New Delhi, Dec. 7: The government will develop a credible road-map for the corporatisation of the postal department.

Under the plan, the private sector will be roped in to provide selected postal services. It also involves splitting the tariff-fixing rights from the policy-making functions of the department of posts with the formation of an independent regulatory authority. This would function in much the same way as the regulators for power, telecom and insurance sectors.

The parliamentary standing committee on post is discussing an amendment to the Indian Post Office Act of 1898 to bring about the necessary changes in the organisation.

The task of developing and involving a credible roadmap for the corporatisation of the operational network of the Department of Post within the Tenth Plan is included in the agenda for reforms. However, the government has decided to examine the issue in depth before taking any action. Minister of state for communications and information technology, S.U. Thirunavukkarasar, has assured the Lok Sabha that there is no proposal to bring about a sweeping changes in the existing postal systems. “However, a few policy reforms will be undertaken along with investments to empower the department to compete effectively with other service providers.”
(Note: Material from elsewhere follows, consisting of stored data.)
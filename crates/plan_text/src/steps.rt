// The steps of a plan as lines.
ghost use Rattle.std.specs.Prelude.{◌≡◌, length, map, max, string_bytes, IfOk, IfSome, Ok};
ghost use Rattle.std.specs.Option.{option_map};
ghost use Rattle.rewind_writes.specs.Steps.{IsFit};
ghost use Rattle.cluster_tree.specs.Paths.{checked};
ghost use Rattle.plan_text.specs.Paths.{step_way_in};
ghost use Rattle.plan_text.specs.Steps.{cut_in, folder_in, pathed, range_in, ranged, removed_in, sized, step_of, turn, whole_in};

use crate::paths::step_way_in;
use cluster_tree::{OutOfMemory, Path};
use rewind_writes::Step;
use std::alloc::Global;
use wal_base::decimal_u64;

/// The roots between which a plan is.
#[derive(Drop)]
pub(crate) struct Roots<'a> {
    /// The root of the cluster that is changed.
    pub(crate) target: &'a Path,
    /// The root of the cluster that is read.
    pub(crate) source: &'a Path,
}

/// The way of a path that has room below both roots.
fn way_both(alloc: Global, roots: &Roots<'_>, word: &[u8]) -> Result<Option<String>, OutOfMemory>
    ensures value { IfOk result (λ way. option_map string_bytes way ≡ step_way_in
        (max (length roots.now.target.now.parts) (length roots.now.source.now.parts)) word.now) }
    ensures target { IfOk result (λ way. IfSome way (λ text.
        checked (length roots.now.target.now.parts) (string_bytes text) ≡ Ok tt)) }
    ensures source { IfOk result (λ way. IfSome way (λ text.
        checked (length roots.now.source.now.parts) (string_bytes text) ≡ Ok tt)) }
{
    step_way_in(alloc, roots.target.len().max(roots.source.len()), word)
}

/// A folder that is made.
fn folder(alloc: Global, roots: &Roots<'_>, path: &[u8]) -> Result<Option<Step>, OutOfMemory>
    ensures { IfOk result (λ step. step
        ≡ folder_in roots.now.target.now roots.now.source.now path.now) }
{
    let Some(way) = way_both(alloc, roots, path)? else {
        return Ok(None);
    };
    Ok(Some(Step::Folder(roots.target.below(alloc, &way)?)))
}

/// What goes.
fn removed(alloc: Global, root: &Path, path: &[u8]) -> Result<Option<Step>, OutOfMemory>
    ensures { IfOk result (λ step. step ≡ removed_in root.now path.now) }
{
    let Some(way) = step_way_in(alloc, root.len(), path)? else {
        return Ok(None);
    };
    Ok(Some(Step::Remove(root.below(alloc, &way)?)))
}

/// The step of a word and its path.
fn pathed(
    alloc: Global,
    roots: &Roots<'_>,
    verb: &[u8],
    path: &[u8],
) -> Result<Option<Step>, OutOfMemory>
    ensures { IfOk result (λ step. step
        ≡ pathed roots.now.target.now roots.now.source.now verb.now path.now) }
{
    if verb == b"folder".as_slice() {
        folder(alloc, roots, path)
    } else if verb == b"remove".as_slice() {
        removed(alloc, roots.target, path)
    } else {
        Ok(None)
    }
}

/// A file that is copied whole.
fn whole(
    alloc: Global,
    roots: &Roots<'_>,
    path: &[u8],
    size: u64,
) -> Result<Option<Step>, OutOfMemory>
    ensures { IfOk result (λ step. step
        ≡ whole_in roots.now.target.now roots.now.source.now path.now size) }
{
    let Some(way) = way_both(alloc, roots, path)? else {
        return Ok(None);
    };
    let from = roots.source.below(alloc, &way)?;
    let to = roots.target.below(alloc, &way)?;
    Ok(Some(Step::Whole { from, to, size }))
}

/// A file that is cut.
fn cut(
    alloc: Global,
    roots: &Roots<'_>,
    path: &[u8],
    size: u64,
) -> Result<Option<Step>, OutOfMemory>
    ensures { IfOk result (λ step. step
        ≡ cut_in roots.now.target.now roots.now.source.now path.now size) }
{
    let Some(way) = way_both(alloc, roots, path)? else {
        return Ok(None);
    };
    Ok(Some(Step::Cut(roots.target.below(alloc, &way)?, size)))
}

/// The step of a word, its path and a size.
fn sized(
    alloc: Global,
    roots: &Roots<'_>,
    words: (&[u8], &[u8], &[u8]),
) -> Result<Option<Step>, OutOfMemory>
    ensures { IfOk result (λ step. step
        ≡ sized roots.now.target.now roots.now.source.now
        words.entry.0.now words.entry.1.now words.entry.2.now) }
{
    let (verb, path, size) = words;
    let Some(size) = decimal_u64(size) else {
        return Ok(None);
    };
    if verb == b"whole".as_slice() {
        whole(alloc, roots, path, size)
    } else if verb == b"cut".as_slice() {
        cut(alloc, roots, path, size)
    } else {
        Ok(None)
    }
}

/// Bytes that are copied.
fn range(
    alloc: Global,
    roots: &Roots<'_>,
    path: &[u8],
    at: u64,
    size: u64,
) -> Result<Option<Step>, OutOfMemory>
    ensures { IfOk result (λ step. step
        ≡ range_in roots.now.target.now roots.now.source.now path.now at size) }
{
    if at.checked_add(size).is_none() {
        return Ok(None);
    }
    let Some(way) = way_both(alloc, roots, path)? else {
        return Ok(None);
    };
    let from = roots.source.below(alloc, &way)?;
    let to = roots.target.below(alloc, &way)?;
    Ok(Some(Step::Range { from, to, at, size }))
}

/// The step of a word, its path, where bytes begin and how many they are.
fn ranged(
    alloc: Global,
    roots: &Roots<'_>,
    words: (&[u8], &[u8], &[u8], &[u8]),
) -> Result<Option<Step>, OutOfMemory>
    ensures { IfOk result (λ step. step ≡ ranged roots.now.target.now roots.now.source.now
        words.entry.0.now words.entry.1.now words.entry.2.now words.entry.3.now) }
{
    let (verb, path, at, size) = words;
    if verb != b"range".as_slice() {
        return Ok(None);
    }
    let (Some(at), Some(size)) = (decimal_u64(at), decimal_u64(size)) else {
        return Ok(None);
    };
    range(alloc, roots, path, at, size)
}

/// The step that words say.
pub(crate) fn step_of(
    alloc: Global,
    roots: &Roots<'_>,
    words: &[&[u8]],
) -> Result<Option<Step>, OutOfMemory>
    ensures { IfOk result (λ step. step
        ≡ step_of roots.now.target.now roots.now.source.now (map (λ word. word.now) words.now)) }
{
    match words {
        [verb, path] => pathed(alloc, roots, verb, path),
        [verb, path, size] => sized(alloc, roots, (verb, path, size)),
        [verb, path, at, size] => ranged(alloc, roots, (verb, path, at, size)),
        [] | [_] => Ok(None),
        [_, _, _, _, _, ..] => Ok(None),
    }
}

/// The turn of a step: folders are made before files are written, and what goes is removed behind
/// these.
pub(crate) fn turn(step: &Step) -> u8
    ensures { result ≡ turn step.now }
{
    match step {
        Step::Folder(_) => 0,
        Step::Whole { .. } | Step::Cut(..) | Step::Range { .. } => 1,
        Step::Remove(_) => 2,
    }
}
There are 16,537 post offices in urban centres and 1,39,081 in rural areas. About 5,65,922 employees are engaged in the postal network, including 3,03,170 extra departmental employees, primarily in the rural areas.

Industry has already asked the government not to botch up the eventual privatisation of the postal department and that it should learn from the mistakes that were made in the power and telecom sectors.
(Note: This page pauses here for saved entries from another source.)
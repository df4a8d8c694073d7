// The text of a plan.
ghost use Rattle.std.specs.Prelude.{◌≡◌, ◌++◌, ◌<◌, ◌^◌, [], ◌∷◌, codes, decimal, string_bytes, true, IfOk, OnOk};
ghost use Rattle.std.specs.Str.{is_utf8};
ghost use Rattle.mark_lines.specs.Words.{line};
ghost use Rattle.mark_lines.specs.Paths.{path_word, way_of};
ghost use Rattle.hex.specs.Hex.{IsBytes};
ghost use Rattle.plan_text.specs.Laws.{AllAreSized, IsHeld, IsSized, IsTold, are_texts, is_text};
ghost use Rattle.plan_text.specs.Steps.{step_words};
ghost use Rattle.plan_text.specs.Text.{bytes_line, plan_text, said_by, source_line, step_lines, told_line};

use crate::stored::StoredPlan;
use cluster_tree::{OutOfMemory, Path};
use mark_lines::{add_pathed, add_sized, path_word};
use rewind_survey::Told;
use rewind_writes::Step;
use std::alloc::Global;
use std::collections::VecDeque;
use wal_base::Text;

/// Adds the line of bytes that are copied.
fn add_range(
    alloc: Global,
    text: &mut String,
    root: &Path,
    path: &Path,
    at: u64,
    size: u64,
) -> Result<(), OutOfMemory>
    ensures line { OnOk result (string_bytes text.new ≡ string_bytes text.old
        ++ line (codes "range" ∷ path_word root.now path.now ∷ decimal at ∷ decimal size ∷ [])) }
    ensures text { OnOk result (is_utf8 (way_of root.now path.now) ≡ true) }
{
    let path = path_word(alloc, root, path)?;
    writeln!(text, "range {path} {at} {size}")?;
    Ok(())
}

/// Adds the line of a step.
fn add_step(alloc: Global, text: &mut String, root: &Path, step: &Step) -> Result<(), OutOfMemory>
    ensures line { OnOk result (string_bytes text.new
        ≡ string_bytes text.old ++ line (step_words root.now step.now)) }
    ensures text { OnOk result (is_text root.now step.now ≡ true) }
    ensures size { IsSized step.now }
{
    match step {
        Step::Folder(path) => add_pathed(alloc, text, "folder", root, path),
        Step::Whole { to, size, .. } => add_sized(alloc, text, "whole", root, to, *size),
        Step::Cut(path, size) => add_sized(alloc, text, "cut", root, path, *size),
        Step::Range { to, at, size, .. } => add_range(alloc, text, root, to, *at, *size),
        Step::Remove(path) => add_pathed(alloc, text, "remove", root, path),
    }
}

/// Adds the lines of all steps.
fn add_steps(
    alloc: Global,
    text: &mut String,
    root: &Path,
    steps: &VecDeque<Step>,
) -> Result<(), OutOfMemory>
    ensures lines { OnOk result (string_bytes text.new
        ≡ string_bytes text.old ++ step_lines root.now steps.now.items) }
    ensures texts { OnOk result (are_texts root.now steps.now.items ≡ true) }
    ensures sizes { OnOk result (AllAreSized steps.now.items) }
{
    for step in steps {
        add_step(alloc, text, root, step)?;
    }
    Ok(())
}

/// Adds the first line.
fn add_source(text: &mut String, source: u32) -> Result<(), OutOfMemory>
    ensures line { OnOk result (string_bytes text.new ≡ string_bytes text.old ++ source_line source) }
    ensures sum { source < 2 ^ 32 }
{
    writeln!(text, "source {source:08X}")?;
    Ok(())
}

/// Adds the second line.
fn add_told(text: &mut String, told: Told) -> Result<(), OutOfMemory>
    ensures line { OnOk result (string_bytes text.new ≡ string_bytes text.old ++ told_line told) }
    ensures told { IsTold told }
{
    let (tli, at) = (told.fork.tli, told.fork.at);
    let (checkpoint, theirs) = (told.checkpoint, told.tli);
    writeln!(text, "told {tli} {at} {checkpoint} {theirs}")?;
    Ok(())
}

/// Adds the line of some bytes.
fn add_bytes(alloc: Global, text: &mut String, name: &str, bytes: &[u8]) -> Result<(), OutOfMemory>
    ensures line { OnOk result (string_bytes text.new
        ≡ string_bytes text.old ++ bytes_line name.now bytes.now) }
    ensures bytes { IsBytes bytes.now }
{
    let digits = hex::encode(alloc, bytes)?;
    writeln!(text, "{name} {digits}")?;
    Ok(())
}

/// The text of a plan, paths below the target's root. Answers `OutOfMemory` only for want of memory.
#[tactic(auto, unfolding(crate::specs::Text::plan_text))]
pub fn plan_text(alloc: Global, target: &Path, stored: &StoredPlan) -> Result<Text, OutOfMemory>
    ensures value { IfOk result (λ text. text ≡ plan_text target.now (said_by stored.now)) }
    // what a program holds has numbers of their widths, ways in UTF-8, and bytes
    ensures held { OnOk result (IsHeld target.now (said_by stored.now)) }
{
    let mut text = String::new(alloc);
    add_source(&mut text, stored.source)?;
    add_told(&mut text, stored.told)?;
    add_steps(alloc, &mut text, target, &stored.plan.steps)?;
    add_bytes(alloc, &mut text, "label", &stored.plan.label.bytes)?;
    add_bytes(alloc, &mut text, "control", &stored.plan.control.bytes)?;
    text.push_str("end\n")?;
    Ok(Text::from(text))
}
The industry has suggested that instead of a bill to amend the Indian Post Office Act of 1898, the Act should be replaced altogether. It has suggested that the title of the Bill should be changed to Indian Postal and Express Services (Operation and Regulation) Act, 2002. One of the important issues that will form part of the new act is the proposal to impose a licence fee on the Rs 2900-crore courier industry. The Cabinet approved this last year.

The fee has not been spelt out, but it has the potential to trigger a massive shakeout in the industry, which has 2300 players surviving on sliver-thin margins.

The fee will bring about regulation in a notoriously unregulated market. The bill pending in Parliament proposed an amendment to the 104-year-old Indian Postal Act, which will make it mandatory for the courier companies to get registered with the Department of Post.